Saved entries:
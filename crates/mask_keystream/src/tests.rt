ghost use Rattle.std.specs.Prelude.{◌≡◌, ◌<◌};

use crate::StreamRun;
use mask_bits::bit_of;
use mask_circuit::Steps;
use mask_eval::NoWatch;
use mask_io::SeedEntropy;
use mask_shares::Shares;
use mask_tape::Tape;
use std::alloc::Global;
use std::marker::Brand;
use std::sync::ledger::{Blank, Ledger};
use std::test::Fail;

const KEY: [u8; 10] = [0x01, 0x23, 0x45, 0x67, 0x89, 0xab, 0xcd, 0xef, 0x01, 0x23];

// The shares of the key's bits: the first line is the key, and the second one is zero.
fn shares_of_key() -> [Shares<2>; 80] {
    let mut shares = [Shares::from_parts([0; 2]); 80];
    for j in 0..80 {
        let bit = bit_of(u64::from(KEY[j / 8]), (j % 8) as u32);
        shares[j] = Shares::from_parts([u64::from(bit), 0]);
    }
    shares
}

// Byte k of what the latest piece put out.
fn byte_at(run: &StreamRun<2>, k: usize) -> u8
    requires { k < 8 }
{
    let outputs = run.outputs();
    let mut byte = 0;
    for place in 0..8 {
        let at = 288 + 8 * k + place;
        if at < outputs.len() {
            byte |= ((outputs[at].unmask() % 2) as u8) << place;
        }
    }
    byte
}

// What becomes of nine zeros with an IV of zeros, in two pieces.
fn encrypted<L: Ledger>(alloc: Global, blank: Blank) -> Result<[u8; 9], Fail>
    requires name { blank.name ≡ L.name }
    requires parts { blank.parts ≡ L.parts }
    requires some_parts { 0 < L.parts }
{
    let mut steps = Steps::<L>::new(blank);
    let mut run = StreamRun::<2>::new(alloc, &[0; 10], &shares_of_key(), &mut steps)?;
    let mut tape = Tape::new();
    let mut entropy = SeedEntropy::new([7; 32]);
    let mut bytes = [0; 9];
    run.piece(
        alloc,
        0,
        &[0; 8],
        &mut tape,
        &mut entropy,
        &mut NoWatch,
        &mut steps,
    )?;
    for k in 0..8 {
        bytes[k] = byte_at(&run, k);
    }
    let _kept = tape.kept();
    run.piece(
        alloc,
        8,
        &[0],
        &mut tape,
        &mut entropy,
        &mut NoWatch,
        &mut steps,
    )?;
    bytes[8] = byte_at(&run, 0);
    Ok(bytes)
}

#[test]
fn nine_zeros_become_the_keystream(rt: HostRuntime) -> Result<(), Fail> {
    let bytes = encrypted::<Brand>(rt.alloc(), Blank::new(1))?;
    let keystream = [0xfc, 0x05, 0xf1, 0x81, 0xd0, 0xa1, 0x67, 0xf3, 0xb7];
    assert_eq!(rt; bytes, keystream);
    Ok(())
}
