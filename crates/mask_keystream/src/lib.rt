//! A run of Trivium between its pieces, which take up to eight bytes each.
#![tactic(auto)]

mod streaming;
mod words;

pub use streaming::StreamRun;

#[cfg(test)]
mod tests;
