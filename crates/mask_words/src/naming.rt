//! What the first two words name, and the bytes of a word in hexadecimal.

ghost use Rattle.std.specs.Prelude.{◌≡◌, ◌+◌, false, IsTrue, IfOk, MatchOption};
ghost use Rattle.hex.specs.Hex.{decode_of};
ghost use Rattle.mask_words.specs.WordTests.{is_hex_text, are_seed_digits};
ghost use Rattle.mask_words.specs.Jobs.{word_at};
ghost use Rattle.mask_words.specs.Naming.{hex_bytes, is_path, NamesTape};

use crate::command_lines::Words;
use crate::word_tests::are_seed_digits;
use hex::{FromHex, FromHexError};
use std::alloc::{AllocError, Global};

/// The tape that the second word names.
#[derive(Clone, Copy)]
pub enum TapeName<'a> {
    /// `seed:` and 64 hexadecimal digits, which name these bytes.
    Seed([u8; 32]),
    /// The path of a file: any other word that doesn't begin with `seed:`.
    Path(&'a str),
    /// `-`, a seed out of form, or no word.
    NoTape,
}

// A word that isn't there is the empty one.
fn word_or_empty(words: &Words, k: usize) -> &str
    ensures { result.now ≡ word_at words.now (k + 1) }
{
    if k < words.len() { words.word(k) } else { "" }
}

fn is_path(word: &str) -> bool
    ensures { result ≡ is_path word.now }
{
    !word.is_empty() && word != "-"
}

/// The path of the key file that the first word names; `-` names none.
pub fn keys_path(words: &Words) -> Option<&str>
    ensures { MatchOption result (is_path (word_at words.now 1) ≡ false)
        (λ path. IsTrue (is_path (word_at words.now 1)) × (path.now ≡ word_at words.now 1)) }
{
    let word = word_or_empty(words, 0);
    if is_path(word) { Some(word) } else { None }
}

/// The tape that the second word names.
pub fn tape_name(words: &Words) -> TapeName<'_>
    ensures { NamesTape (word_at words.now 2) result }
{
    let word = word_or_empty(words, 1);
    match word.as_bytes().strip_prefix(b"seed:") {
        Some(digits) if are_seed_digits(digits) => TapeName::Seed(seed_of(digits)),
        None if is_path(word) => TapeName::Path(word),
        _ => TapeName::NoTape,
    }
}

fn seed_of(digits: &[u8]) -> [u8; 32]
    requires { IsTrue (are_seed_digits digits.now) }
    ensures { decode_of digits.now ≡ Ok result }
{
    <[u8; 32] as FromHex>::from_hex(digits).unwrap()
}

/// The bytes that a HEX word names: none for `-`.
pub fn hex_bytes(alloc: Global, word: &str) -> Result<Vec<u8>, AllocError>
    requires { IsTrue (is_hex_text word.now) }
    ensures { IfOk result (λ bytes. bytes.items ≡ hex_bytes word.now) }
{
    if word == "-" {
        return Ok(Vec::new(alloc));
    }
    match hex::decode(alloc, word) {
        Ok(bytes) => Ok(bytes),
        Err(error) => {
            // The word is an even number of digits, so only memory can be wanting.
            prove!(matches!(&error, FromHexError::OutOfMemory));
            Err(AllocError)
        }
    }
}
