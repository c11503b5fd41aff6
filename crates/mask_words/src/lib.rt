//! The words of a command line, the table of commands, and the job that words name.
#![tactic(auto)]

mod command_lines;
mod naming;
mod table;
mod word_tests;

pub use command_lines::Words;
pub use naming::{TapeName, hex_bytes, keys_path, tape_name};
pub use table::{BadWords, Job, read_words, words_have_one_answer};
pub use word_tests::{wire_of, wires_have_one_number};

#[cfg(test)]
mod tests;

→ **Requirement**
Line by line, retype all the entries exactly as they are shown.

→ **Response to the exercise**
filename crates/mask_keystream/src/tests.rt
ghost use Rattle.std.specs.Prelude.{◌≡◌, ◌<◌};

use crate::StreamRun;
use mask_bits::bit_of;
use mask_circuit::Steps;
use mask_eval::NoWatch;
use mask_io::SeedEntropy;
use mask_shares::Shares;
use mask_tape::Tape;
use std::alloc::Global;
use std::marker::Brand;
use std::sync::ledger::{Blank, Ledger};
use std::test::Fail;

const KEY: [u8; 10] = [0x01, 0x23, 0x45, 0x67, 0x89, 0xab, 0xcd, 0xef, 0x01, 0x23];

// The shares of the key's bits: the first line is the key, and the second one is zero.
fn shares_of_key() -> [Shares<2>; 80] {
    let mut shares = [Shares::from_parts([0; 2]); 80];
    for j in 0..80 {
        let bit = bit_of(u64::from(KEY[j / 8]), (j % 8) as u32);
        shares[j] = Shares::from_parts([u64::from(bit), 0]);
    }
    shares
}

// Byte k of what the latest piece put out.
fn byte_at(run: &StreamRun<2>, k: usize) -> u8
    requires { k < 8 }
{
    let outputs = run.outputs();
    let mut byte = 0;
    for place in 0..8 {
        let at = 288 + 8 * k + place;
        if at < outputs.len() {
            byte |= ((outputs[at].unmask() % 2) as u8) << place;
        }
    }
    byte
}

// What becomes of nine zeros with an IV of zeros, in two pieces.
fn encrypted<L: Ledger>(alloc: Global, blank: Blank) -> Result<[u8; 9], Fail>
    requires name { blank.name ≡ L.name }
    requires parts { blank.parts ≡ L.parts }
    requires some_parts { 0 < L.parts }
{
    let mut steps = Steps::<L>::new(blank);
    let mut run = StreamRun::<2>::new(alloc, &[0; 10], &shares_of_key(), &mut steps)?;
    let mut tape = Tape::new();
    let mut entropy = SeedEntropy::new([7; 32]);
    let mut bytes = [0; 9];
    run.piece(
        alloc,
        0,
        &[0; 8],
        &mut tape,
        &mut entropy,
        &mut NoWatch,
        &mut steps,
    )?;
    for k in 0..8 {
        bytes[k] = byte_at(&run, k);
    }
    let _kept = tape.kept();
    run.piece(
        alloc,
        8,
        &[0],
        &mut tape,
        &mut entropy,
        &mut NoWatch,
        &mut steps,
    )?;
    bytes[8] = byte_at(&run, 0);
    Ok(bytes)
}

#[test]
fn nine_zeros_become_the_keystream(rt: HostRuntime) -> Result<(), Fail> {
    let bytes = encrypted::<Brand>(rt.alloc(), Blank::new(1))?;
    let keystream = [0xfc, 0x05, 0xf1, 0x81, 0xd0, 0xa1, 0x67, 0xf3, 0xb7];
    assert_eq!(rt; bytes, keystream);
    Ok(())
}
filename crates/mask_keystream/src/lib.rt
//! A run of Trivium between its pieces, which take up to eight bytes each.
#![tactic(auto)]

mod streaming;
mod words;

pub use streaming::StreamRun;

#[cfg(test)]
mod tests;
filename crates/mask_words/src/naming.rt
//! What the first two words name, and the bytes of a word in hexadecimal.

ghost use Rattle.std.specs.Prelude.{◌≡◌, ◌+◌, false, IsTrue, IfOk, MatchOption};
ghost use Rattle.hex.specs.Hex.{decode_of};
ghost use Rattle.mask_words.specs.WordTests.{is_hex_text, are_seed_digits};
ghost use Rattle.mask_words.specs.Jobs.{word_at};
ghost use Rattle.mask_words.specs.Naming.{hex_bytes, is_path, NamesTape};

use crate::command_lines::Words;
use crate::word_tests::are_seed_digits;
use hex::{FromHex, FromHexError};
use std::alloc::{AllocError, Global};

/// The tape that the second word names.
#[derive(Clone, Copy)]
pub enum TapeName<'a> {
    /// `seed:` and 64 hexadecimal digits, which name these bytes.
    Seed([u8; 32]),
    /// The path of a file: any other word that doesn't begin with `seed:`.
    Path(&'a str),
    /// `-`, a seed out of form, or no word.
    NoTape,
}

// A word that isn't there is the empty one.
fn word_or_empty(words: &Words, k: usize) -> &str
    ensures { result.now ≡ word_at words.now (k + 1) }
{
    if k < words.len() { words.word(k) } else { "" }
}

fn is_path(word: &str) -> bool
    ensures { result ≡ is_path word.now }
{
    !word.is_empty() && word != "-"
}

/// The path of the key file that the first word names; `-` names none.
pub fn keys_path(words: &Words) -> Option<&str>
    ensures { MatchOption result (is_path (word_at words.now 1) ≡ false)
        (λ path. IsTrue (is_path (word_at words.now 1)) × (path.now ≡ word_at words.now 1)) }
{
    let word = word_or_empty(words, 0);
    if is_path(word) { Some(word) } else { None }
}

/// The tape that the second word names.
pub fn tape_name(words: &Words) -> TapeName<'_>
    ensures { NamesTape (word_at words.now 2) result }
{
    let word = word_or_empty(words, 1);
    match word.as_bytes().strip_prefix(b"seed:") {
        Some(digits) if are_seed_digits(digits) => TapeName::Seed(seed_of(digits)),
        None if is_path(word) => TapeName::Path(word),
        _ => TapeName::NoTape,
    }
}

fn seed_of(digits: &[u8]) -> [u8; 32]
    requires { IsTrue (are_seed_digits digits.now) }
    ensures { decode_of digits.now ≡ Ok result }
{
    <[u8; 32] as FromHex>::from_hex(digits).unwrap()
}

/// The bytes that a HEX word names: none for `-`.
pub fn hex_bytes(alloc: Global, word: &str) -> Result<Vec<u8>, AllocError>
    requires { IsTrue (is_hex_text word.now) }
    ensures { IfOk result (λ bytes. bytes.items ≡ hex_bytes word.now) }
{
    if word == "-" {
        return Ok(Vec::new(alloc));
    }
    match hex::decode(alloc, word) {
        Ok(bytes) => Ok(bytes),
        Err(error) => {
            // The word is an even number of digits, so only memory can be wanting.
            prove!(matches!(&error, FromHexError::OutOfMemory));
            Err(AllocError)
        }
    }
}
repository c11503b5fd41aff6
filename crates/mask_words/src/lib.rt
//! The words of a command line, the table of commands, and the job that words name.
#![tactic(auto)]

mod command_lines;
mod naming;
mod table;
mod word_tests;

pub use command_lines::Words;
pub use naming::{TapeName, hex_bytes, keys_path, tape_name};
pub use table::{BadWords, Job, read_words, words_have_one_answer};
pub use word_tests::{wire_of, wires_have_one_number};

#[cfg(test)]
mod tests;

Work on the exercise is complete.